▶ [What the exercise asks]
Where the records below reach the line containing "say(page, if is_done", start transcribing, and end with the line containing "let mut nowhere", exactly and with nothing else added.

▶ [Stored items]
=======

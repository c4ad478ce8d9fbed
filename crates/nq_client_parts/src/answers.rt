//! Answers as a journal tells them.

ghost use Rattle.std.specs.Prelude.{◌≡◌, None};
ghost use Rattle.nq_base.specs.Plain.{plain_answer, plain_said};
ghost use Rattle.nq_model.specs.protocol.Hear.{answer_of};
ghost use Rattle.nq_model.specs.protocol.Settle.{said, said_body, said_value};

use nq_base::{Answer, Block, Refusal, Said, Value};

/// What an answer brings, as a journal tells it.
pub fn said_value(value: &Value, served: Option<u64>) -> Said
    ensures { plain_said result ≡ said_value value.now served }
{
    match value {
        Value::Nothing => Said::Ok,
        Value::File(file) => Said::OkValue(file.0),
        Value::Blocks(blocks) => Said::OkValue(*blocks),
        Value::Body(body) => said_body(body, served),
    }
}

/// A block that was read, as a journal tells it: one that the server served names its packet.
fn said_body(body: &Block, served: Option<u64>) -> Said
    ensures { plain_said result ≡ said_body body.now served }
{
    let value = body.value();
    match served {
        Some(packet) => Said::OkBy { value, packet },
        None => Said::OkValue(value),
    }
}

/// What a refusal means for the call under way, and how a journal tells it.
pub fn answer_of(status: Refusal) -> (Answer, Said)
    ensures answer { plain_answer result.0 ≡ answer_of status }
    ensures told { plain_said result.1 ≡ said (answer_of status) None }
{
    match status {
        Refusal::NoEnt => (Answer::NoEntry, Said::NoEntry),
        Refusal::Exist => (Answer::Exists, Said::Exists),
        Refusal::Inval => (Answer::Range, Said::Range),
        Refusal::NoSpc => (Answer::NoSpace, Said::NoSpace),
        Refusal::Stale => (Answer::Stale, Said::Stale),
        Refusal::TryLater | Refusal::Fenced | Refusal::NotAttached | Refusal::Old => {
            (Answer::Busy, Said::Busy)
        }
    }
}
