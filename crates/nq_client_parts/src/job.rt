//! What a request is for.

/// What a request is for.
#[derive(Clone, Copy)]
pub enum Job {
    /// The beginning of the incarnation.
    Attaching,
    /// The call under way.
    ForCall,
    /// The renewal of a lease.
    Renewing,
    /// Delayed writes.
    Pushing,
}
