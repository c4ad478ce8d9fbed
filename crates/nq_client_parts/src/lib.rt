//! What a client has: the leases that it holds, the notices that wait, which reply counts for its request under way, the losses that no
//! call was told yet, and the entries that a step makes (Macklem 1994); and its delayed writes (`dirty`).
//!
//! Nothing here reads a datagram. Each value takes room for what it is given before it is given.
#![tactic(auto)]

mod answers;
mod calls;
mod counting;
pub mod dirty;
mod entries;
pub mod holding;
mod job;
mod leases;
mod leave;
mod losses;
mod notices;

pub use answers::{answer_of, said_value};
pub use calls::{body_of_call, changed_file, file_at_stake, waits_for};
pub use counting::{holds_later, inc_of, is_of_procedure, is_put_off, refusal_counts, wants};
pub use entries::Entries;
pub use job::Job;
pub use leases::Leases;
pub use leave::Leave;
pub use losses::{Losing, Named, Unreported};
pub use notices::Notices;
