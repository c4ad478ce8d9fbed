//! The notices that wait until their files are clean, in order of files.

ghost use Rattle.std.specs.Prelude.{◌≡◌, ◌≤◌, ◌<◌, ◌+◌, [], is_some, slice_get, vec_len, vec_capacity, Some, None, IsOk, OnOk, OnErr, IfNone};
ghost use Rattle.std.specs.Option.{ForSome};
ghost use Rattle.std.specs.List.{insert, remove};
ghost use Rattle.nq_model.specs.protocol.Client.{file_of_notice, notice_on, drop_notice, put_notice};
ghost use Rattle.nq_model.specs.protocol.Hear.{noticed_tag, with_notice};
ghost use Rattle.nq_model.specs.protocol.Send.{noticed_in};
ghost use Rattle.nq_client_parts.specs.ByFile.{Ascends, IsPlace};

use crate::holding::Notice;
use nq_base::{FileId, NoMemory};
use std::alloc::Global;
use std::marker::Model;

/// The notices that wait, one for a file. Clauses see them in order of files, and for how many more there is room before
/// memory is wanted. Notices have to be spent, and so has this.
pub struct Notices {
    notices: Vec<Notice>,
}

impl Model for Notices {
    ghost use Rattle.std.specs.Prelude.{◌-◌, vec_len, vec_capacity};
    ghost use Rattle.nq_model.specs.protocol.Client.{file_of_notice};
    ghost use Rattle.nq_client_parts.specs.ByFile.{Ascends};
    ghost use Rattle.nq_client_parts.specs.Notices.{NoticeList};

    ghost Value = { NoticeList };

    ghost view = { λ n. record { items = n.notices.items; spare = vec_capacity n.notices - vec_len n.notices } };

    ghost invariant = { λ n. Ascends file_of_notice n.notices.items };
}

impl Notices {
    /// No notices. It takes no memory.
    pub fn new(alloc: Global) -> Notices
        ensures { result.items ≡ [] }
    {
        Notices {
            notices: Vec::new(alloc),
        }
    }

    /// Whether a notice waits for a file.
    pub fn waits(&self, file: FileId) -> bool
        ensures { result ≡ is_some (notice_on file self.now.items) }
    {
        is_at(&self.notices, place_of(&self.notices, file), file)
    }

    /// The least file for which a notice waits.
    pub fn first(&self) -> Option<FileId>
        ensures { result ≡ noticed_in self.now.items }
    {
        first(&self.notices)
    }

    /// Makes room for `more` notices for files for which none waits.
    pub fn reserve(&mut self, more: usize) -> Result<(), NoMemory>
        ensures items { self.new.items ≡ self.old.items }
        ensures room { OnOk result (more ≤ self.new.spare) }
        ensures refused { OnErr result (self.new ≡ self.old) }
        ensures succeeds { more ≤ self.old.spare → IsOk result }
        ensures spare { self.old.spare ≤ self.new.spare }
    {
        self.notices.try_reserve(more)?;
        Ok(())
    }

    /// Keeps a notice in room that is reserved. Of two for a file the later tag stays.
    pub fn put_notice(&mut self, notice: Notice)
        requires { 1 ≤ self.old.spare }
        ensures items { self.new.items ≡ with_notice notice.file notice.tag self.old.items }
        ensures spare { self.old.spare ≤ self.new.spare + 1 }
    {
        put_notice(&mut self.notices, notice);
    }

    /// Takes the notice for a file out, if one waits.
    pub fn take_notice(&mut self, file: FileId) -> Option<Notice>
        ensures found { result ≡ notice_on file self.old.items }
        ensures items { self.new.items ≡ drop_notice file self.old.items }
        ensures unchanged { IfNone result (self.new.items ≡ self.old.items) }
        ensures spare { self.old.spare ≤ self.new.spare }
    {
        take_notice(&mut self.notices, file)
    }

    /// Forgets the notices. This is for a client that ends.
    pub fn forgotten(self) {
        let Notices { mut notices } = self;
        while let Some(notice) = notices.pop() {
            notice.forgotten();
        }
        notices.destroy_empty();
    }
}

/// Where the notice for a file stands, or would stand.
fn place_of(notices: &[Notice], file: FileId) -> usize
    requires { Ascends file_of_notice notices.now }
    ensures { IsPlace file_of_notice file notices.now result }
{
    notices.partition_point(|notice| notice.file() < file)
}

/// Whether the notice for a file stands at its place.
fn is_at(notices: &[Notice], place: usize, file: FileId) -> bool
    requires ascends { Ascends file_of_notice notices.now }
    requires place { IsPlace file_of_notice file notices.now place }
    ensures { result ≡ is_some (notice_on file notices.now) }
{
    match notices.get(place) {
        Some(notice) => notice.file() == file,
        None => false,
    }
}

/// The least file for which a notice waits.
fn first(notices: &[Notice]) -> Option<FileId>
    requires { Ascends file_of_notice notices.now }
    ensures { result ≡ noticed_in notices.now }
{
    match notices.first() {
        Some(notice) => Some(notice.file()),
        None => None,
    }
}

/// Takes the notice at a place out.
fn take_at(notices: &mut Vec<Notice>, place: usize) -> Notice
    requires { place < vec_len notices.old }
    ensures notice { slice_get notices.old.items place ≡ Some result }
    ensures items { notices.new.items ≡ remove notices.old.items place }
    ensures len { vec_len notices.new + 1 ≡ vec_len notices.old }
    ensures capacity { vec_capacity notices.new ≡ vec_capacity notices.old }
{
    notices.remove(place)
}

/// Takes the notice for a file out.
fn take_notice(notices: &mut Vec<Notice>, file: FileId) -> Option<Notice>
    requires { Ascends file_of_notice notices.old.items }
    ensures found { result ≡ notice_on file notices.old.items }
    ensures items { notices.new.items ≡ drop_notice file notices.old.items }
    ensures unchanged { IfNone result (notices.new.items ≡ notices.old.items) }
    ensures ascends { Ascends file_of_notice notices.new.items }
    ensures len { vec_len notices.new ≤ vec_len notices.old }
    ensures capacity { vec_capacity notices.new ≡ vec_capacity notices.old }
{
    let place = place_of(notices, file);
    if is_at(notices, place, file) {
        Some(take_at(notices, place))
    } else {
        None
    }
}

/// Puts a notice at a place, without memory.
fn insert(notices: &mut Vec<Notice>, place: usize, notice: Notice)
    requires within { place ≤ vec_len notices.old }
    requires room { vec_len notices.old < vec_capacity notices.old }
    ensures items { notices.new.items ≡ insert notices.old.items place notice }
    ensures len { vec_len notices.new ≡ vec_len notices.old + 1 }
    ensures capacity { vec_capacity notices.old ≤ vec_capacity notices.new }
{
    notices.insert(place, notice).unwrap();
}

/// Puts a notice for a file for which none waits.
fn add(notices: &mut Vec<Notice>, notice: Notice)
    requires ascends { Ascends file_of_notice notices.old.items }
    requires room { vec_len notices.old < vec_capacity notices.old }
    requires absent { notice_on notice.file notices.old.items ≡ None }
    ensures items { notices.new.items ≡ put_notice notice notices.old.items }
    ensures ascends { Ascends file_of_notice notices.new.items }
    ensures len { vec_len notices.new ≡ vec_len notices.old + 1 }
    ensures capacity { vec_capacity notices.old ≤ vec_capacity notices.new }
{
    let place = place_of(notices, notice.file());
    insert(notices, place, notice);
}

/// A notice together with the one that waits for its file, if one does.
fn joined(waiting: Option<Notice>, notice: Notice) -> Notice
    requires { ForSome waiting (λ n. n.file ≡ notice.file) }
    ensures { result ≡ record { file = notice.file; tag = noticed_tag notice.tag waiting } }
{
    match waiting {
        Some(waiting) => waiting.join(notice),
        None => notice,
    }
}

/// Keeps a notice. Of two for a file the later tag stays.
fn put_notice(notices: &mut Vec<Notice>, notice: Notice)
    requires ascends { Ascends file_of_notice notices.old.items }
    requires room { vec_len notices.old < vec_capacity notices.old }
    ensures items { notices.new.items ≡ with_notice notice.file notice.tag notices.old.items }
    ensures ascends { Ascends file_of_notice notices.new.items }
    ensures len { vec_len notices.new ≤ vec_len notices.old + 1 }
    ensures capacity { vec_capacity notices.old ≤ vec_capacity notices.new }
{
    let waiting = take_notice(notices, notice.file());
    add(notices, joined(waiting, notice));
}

=======

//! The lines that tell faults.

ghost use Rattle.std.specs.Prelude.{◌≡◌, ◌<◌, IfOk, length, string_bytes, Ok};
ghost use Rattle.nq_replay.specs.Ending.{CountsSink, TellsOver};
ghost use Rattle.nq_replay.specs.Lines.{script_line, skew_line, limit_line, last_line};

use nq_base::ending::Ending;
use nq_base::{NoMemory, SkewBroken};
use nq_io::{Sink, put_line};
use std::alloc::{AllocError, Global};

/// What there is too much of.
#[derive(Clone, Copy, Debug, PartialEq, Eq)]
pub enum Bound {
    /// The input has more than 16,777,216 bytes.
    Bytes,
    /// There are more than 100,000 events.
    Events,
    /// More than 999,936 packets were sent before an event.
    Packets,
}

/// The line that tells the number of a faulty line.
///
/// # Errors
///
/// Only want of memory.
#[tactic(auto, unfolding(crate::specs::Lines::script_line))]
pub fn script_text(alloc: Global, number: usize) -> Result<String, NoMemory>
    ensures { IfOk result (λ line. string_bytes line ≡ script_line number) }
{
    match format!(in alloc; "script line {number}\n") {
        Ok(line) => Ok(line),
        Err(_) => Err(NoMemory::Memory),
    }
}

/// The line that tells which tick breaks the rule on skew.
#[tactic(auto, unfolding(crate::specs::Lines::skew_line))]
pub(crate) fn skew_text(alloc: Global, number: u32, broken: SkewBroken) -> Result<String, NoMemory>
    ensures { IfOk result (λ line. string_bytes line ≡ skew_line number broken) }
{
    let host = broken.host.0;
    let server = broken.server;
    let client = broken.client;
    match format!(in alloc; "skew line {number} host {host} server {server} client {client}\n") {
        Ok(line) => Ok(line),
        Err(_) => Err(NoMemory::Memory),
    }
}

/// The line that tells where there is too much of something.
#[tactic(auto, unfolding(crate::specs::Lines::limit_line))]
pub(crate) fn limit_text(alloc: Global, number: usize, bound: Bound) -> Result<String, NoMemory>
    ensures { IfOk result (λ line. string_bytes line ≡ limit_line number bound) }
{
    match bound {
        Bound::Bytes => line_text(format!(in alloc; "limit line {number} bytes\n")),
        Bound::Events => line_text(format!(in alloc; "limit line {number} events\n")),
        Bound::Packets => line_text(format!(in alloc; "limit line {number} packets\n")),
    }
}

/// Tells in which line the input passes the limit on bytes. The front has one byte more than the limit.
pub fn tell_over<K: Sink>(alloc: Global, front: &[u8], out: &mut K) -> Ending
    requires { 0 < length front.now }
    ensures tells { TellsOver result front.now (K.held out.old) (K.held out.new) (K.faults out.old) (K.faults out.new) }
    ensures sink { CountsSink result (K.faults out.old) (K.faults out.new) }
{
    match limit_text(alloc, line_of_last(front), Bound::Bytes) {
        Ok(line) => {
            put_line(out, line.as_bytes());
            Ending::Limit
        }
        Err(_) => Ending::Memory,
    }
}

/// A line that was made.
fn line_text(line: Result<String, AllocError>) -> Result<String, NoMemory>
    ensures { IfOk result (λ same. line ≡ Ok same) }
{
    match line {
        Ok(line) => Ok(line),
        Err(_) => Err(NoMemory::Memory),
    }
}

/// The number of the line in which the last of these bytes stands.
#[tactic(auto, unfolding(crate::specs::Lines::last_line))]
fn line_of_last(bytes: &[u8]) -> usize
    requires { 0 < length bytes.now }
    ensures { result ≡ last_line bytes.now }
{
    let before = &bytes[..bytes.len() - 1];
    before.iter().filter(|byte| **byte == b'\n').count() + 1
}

=======

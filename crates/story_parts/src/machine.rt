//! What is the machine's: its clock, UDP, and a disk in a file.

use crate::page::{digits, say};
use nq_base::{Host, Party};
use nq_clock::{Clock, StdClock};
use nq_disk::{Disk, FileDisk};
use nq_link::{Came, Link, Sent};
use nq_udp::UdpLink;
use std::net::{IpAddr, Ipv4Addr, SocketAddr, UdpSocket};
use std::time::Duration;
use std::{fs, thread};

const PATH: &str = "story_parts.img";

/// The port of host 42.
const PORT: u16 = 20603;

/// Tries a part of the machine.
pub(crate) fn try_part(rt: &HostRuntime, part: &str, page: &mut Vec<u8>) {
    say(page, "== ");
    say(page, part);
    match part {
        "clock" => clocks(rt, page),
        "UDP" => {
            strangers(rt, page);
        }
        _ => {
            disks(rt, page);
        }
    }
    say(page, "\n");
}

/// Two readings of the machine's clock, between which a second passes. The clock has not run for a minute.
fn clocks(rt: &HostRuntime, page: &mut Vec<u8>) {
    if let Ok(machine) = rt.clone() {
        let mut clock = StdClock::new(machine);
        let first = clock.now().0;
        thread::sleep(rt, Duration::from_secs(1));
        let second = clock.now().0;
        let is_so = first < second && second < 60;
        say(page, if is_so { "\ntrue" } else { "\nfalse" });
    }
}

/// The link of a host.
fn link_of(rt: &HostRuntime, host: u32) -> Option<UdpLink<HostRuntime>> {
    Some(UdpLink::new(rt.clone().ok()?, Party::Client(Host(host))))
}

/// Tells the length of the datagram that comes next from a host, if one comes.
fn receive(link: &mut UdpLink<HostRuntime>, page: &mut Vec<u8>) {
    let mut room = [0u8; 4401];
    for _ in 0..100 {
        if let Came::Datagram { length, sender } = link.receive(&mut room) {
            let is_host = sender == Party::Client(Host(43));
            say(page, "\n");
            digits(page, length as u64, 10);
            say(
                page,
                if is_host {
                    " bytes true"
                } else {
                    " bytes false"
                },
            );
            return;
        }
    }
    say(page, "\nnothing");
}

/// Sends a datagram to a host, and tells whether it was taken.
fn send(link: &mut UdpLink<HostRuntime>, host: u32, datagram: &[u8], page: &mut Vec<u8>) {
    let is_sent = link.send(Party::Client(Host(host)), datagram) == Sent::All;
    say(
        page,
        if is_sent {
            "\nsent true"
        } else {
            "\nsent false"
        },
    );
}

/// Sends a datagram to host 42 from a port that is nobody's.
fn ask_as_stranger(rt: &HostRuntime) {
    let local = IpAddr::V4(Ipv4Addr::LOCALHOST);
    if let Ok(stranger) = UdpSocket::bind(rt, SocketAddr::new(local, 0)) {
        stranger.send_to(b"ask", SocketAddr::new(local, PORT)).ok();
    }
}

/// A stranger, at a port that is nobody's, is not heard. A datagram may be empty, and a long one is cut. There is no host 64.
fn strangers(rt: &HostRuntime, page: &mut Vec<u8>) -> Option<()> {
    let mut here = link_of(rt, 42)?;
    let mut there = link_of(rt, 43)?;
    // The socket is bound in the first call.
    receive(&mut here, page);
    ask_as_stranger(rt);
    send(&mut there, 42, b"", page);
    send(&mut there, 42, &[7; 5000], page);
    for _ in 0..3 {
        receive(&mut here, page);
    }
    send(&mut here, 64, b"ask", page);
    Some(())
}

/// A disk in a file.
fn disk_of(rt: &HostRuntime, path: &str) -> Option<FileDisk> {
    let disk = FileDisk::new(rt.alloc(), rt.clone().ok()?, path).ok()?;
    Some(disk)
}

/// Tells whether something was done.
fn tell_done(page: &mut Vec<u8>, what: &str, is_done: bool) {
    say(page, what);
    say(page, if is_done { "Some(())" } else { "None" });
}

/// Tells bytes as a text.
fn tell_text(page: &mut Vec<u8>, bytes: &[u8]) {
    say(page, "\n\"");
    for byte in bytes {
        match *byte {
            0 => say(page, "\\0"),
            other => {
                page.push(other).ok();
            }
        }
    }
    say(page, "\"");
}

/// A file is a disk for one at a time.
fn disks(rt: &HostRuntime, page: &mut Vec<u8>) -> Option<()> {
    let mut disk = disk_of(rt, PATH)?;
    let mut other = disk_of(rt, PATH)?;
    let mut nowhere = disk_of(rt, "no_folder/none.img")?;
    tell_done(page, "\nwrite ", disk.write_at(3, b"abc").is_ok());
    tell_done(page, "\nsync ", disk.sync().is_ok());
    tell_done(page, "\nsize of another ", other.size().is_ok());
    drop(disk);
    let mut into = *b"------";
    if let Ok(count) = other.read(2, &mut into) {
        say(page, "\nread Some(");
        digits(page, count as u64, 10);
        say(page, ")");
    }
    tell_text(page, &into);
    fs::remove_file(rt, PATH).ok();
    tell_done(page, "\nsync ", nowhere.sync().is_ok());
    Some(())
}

=======

▶ [Task solution]
    say(page, if is_done { "Some(())" } else { "None" });
}

/// Tells bytes as a text.
fn tell_text(page: &mut Vec<u8>, bytes: &[u8]) {
    say(page, "\n\"");
    for byte in bytes {
        match *byte {
            0 => say(page, "\\0"),
            other => {
                page.push(other).ok();
            }
        }
    }
    say(page, "\"");
}

/// A file is a disk for one at a time.
fn disks(rt: &HostRuntime, page: &mut Vec<u8>) -> Option<()> {
    let mut disk = disk_of(rt, PATH)?;
    let mut other = disk_of(rt, PATH)?;
    let mut nowhere = disk_of(rt, "no_folder/none.img")?;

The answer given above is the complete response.